Exercise aim — In the entries below, identify every line with the string "came" and copy it.

+++ Material to process +++

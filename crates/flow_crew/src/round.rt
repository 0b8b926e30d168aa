//! A round: a crew turns all tasks of a board.
ghost use Rattle.std.specs.Prelude.{◌≡◌, ◌≤◌, ◌<◌, IfOk, IfErr, Some, reverse};
ghost use Rattle.flow_board.specs.Parts.{AllTasksOf};
ghost use Rattle.flow_crew.specs.Numbers.{SameNumbers, numbers};
ghost use Rattle.flow_crew.specs.Rounds.{AllIn, ComeBack};

use crate::bell::Bell;
use crate::crew::{Share, crew};
use crate::item::Round;
use crate::queue::{put_in, take_out};
use crate::rule::Queue;
use crate::shift::Hours;
use flow_board::{Board, Gate, Task};
use flow_value::Runs;
use std::alloc::{AllocError, Global};
use std::marker::Brand;
use std::sync::Wait;
use std::thread::Threads;
use std::time::Clock;

/// Turns all tasks of this round.
fn turn_in<
    W: Runs + Send + Sync,
    J: Round<W> + Send + Sync,
    R: Threads + Wait + Clock + Sync,
    G: Gate + Sync,
>(
    rt: &R,
    alloc: Global,
    board: &Board<W>,
    tasks: Vec<Task<W>>,
    workers: usize,
    gate: &G,
    hours: &Hours,
    budget: u64,
) -> Result<(Vec<Task<W>>, u64), (Vec<Task<W>>, AllocError)>
    requires workers { (0 < workers) × (workers ≤ 64) }
    requires board { J.board ≡ Some board.now }
    requires all { J.all ≡ reverse (numbers tasks.items) }
    requires in_round { AllIn J.board J.came tasks.items }
    ensures back { IfOk result (λ r. SameNumbers tasks.items r.0.items × AllIn J.board J.came r.0.items) }
    ensures within { IfOk result (λ r. r.1 ≤ budget) }
    ensures refused { IfErr result (λ r. SameNumbers tasks.items r.0.items × AllIn J.board J.came r.0.items) }
{
    let count = tasks.len();
    if count == 0 {
        return Ok((tasks, 0));
    }
    // twice the room, so that whoever puts a task back need not wait for another to be taken out of the same place
    let Ok((queue, mut pass)) = Queue::<W, J>::ruled(alloc, count * 2) else {
        return Err((tasks, AllocError));
    };
    let mut tasks = tasks;
    put_in(rt, &queue, &mut pass, &mut tasks);
    let bell = Bell::new();
    // no more than there are tasks for
    let workers = workers.min(count);
    let share = Share {
        chunk: (count - 1) / workers + 1,
        tasks: count,
        budget,
    };
    let (mut pass, done) = crew(
        rt, alloc, board, &queue, &bell, hours, pass, workers, share, gate,
    );
    take_out(rt, &queue, &mut pass, &mut tasks);
    if done.refused {
        return Err((tasks, AllocError));
    }
    Ok((tasks, done.events))
}

/// Turns the tasks of a board on so many threads, 1 to 64 but no more than there are tasks, until none moves or the budget is used, and
/// tells how many events were done: at most so many. Each task comes back once, in any order, and its journal goes on from where it was.
///
/// A round that did no event has found nothing to do, unless the budget is 0. A round that did some may end with events left to do: each
/// worker has a share of the budget, and ends when that is used. So call it again, until a round does none.
///
/// Errors: memory is out. All tasks come back then too, and the events that were done stay done.
///
/// Each job goes through the gate. Before it does a job of a lane, a worker puts back all other tasks that it holds, so whatever the gate
/// waits for may be done by the others.
///
/// It waits for its workers. A worker that finds nothing to do sleeps until another has moved a task, a millisecond at most at a time.
pub fn turn_round<W: Runs + Send + Sync, R: Threads + Wait + Clock + Sync, G: Gate + Sync>(
    rt: &R,
    alloc: Global,
    board: &Board<W>,
    tasks: Vec<Task<W>>,
    workers: usize,
    gate: &G,
    budget: u64,
) -> Result<(Vec<Task<W>>, u64), (Vec<Task<W>>, AllocError)>
    requires workers { (0 < workers) × (workers ≤ 64) }
    requires of { AllTasksOf board.now tasks.items }
    ensures back { IfOk result (λ r. ComeBack board.now tasks.items r.0.items) }
    ensures within { IfOk result (λ r. r.1 ≤ budget) }
    ensures refused { IfErr result (λ r. ComeBack board.now tasks.items r.0.items) }
{
    turn_for(
        rt,
        alloc,
        board,
        tasks,
        workers,
        gate,
        &Hours::begin(rt, None),
        budget,
    )
}

/// The same, until the hours are over.
pub(crate) fn turn_for<W: Runs + Send + Sync, R: Threads + Wait + Clock + Sync, G: Gate + Sync>(
    rt: &R,
    alloc: Global,
    board: &Board<W>,
    tasks: Vec<Task<W>>,
    workers: usize,
    gate: &G,
    hours: &Hours,
    budget: u64,
) -> Result<(Vec<Task<W>>, u64), (Vec<Task<W>>, AllocError)>
    requires workers { (0 < workers) × (workers ≤ 64) }
    requires of { AllTasksOf board.now tasks.items }
    ensures back { IfOk result (λ r. ComeBack board.now tasks.items r.0.items) }
    ensures within { IfOk result (λ r. r.1 ≤ budget) }
    ensures refused { IfErr result (λ r. ComeBack board.now tasks.items r.0.items) }
{
    turn_in::<W, Brand, R, G>(rt, alloc, board, tasks, workers, gate, hours, budget)
}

+++

Your response —
    requires in_round { AllIn J.board J.came tasks.items }
    ensures back { IfOk result (λ r. SameNumbers tasks.items r.0.items × AllIn J.board J.came r.0.items) }
    ensures refused { IfErr result (λ r. SameNumbers tasks.items r.0.items × AllIn J.board J.came r.0.items) }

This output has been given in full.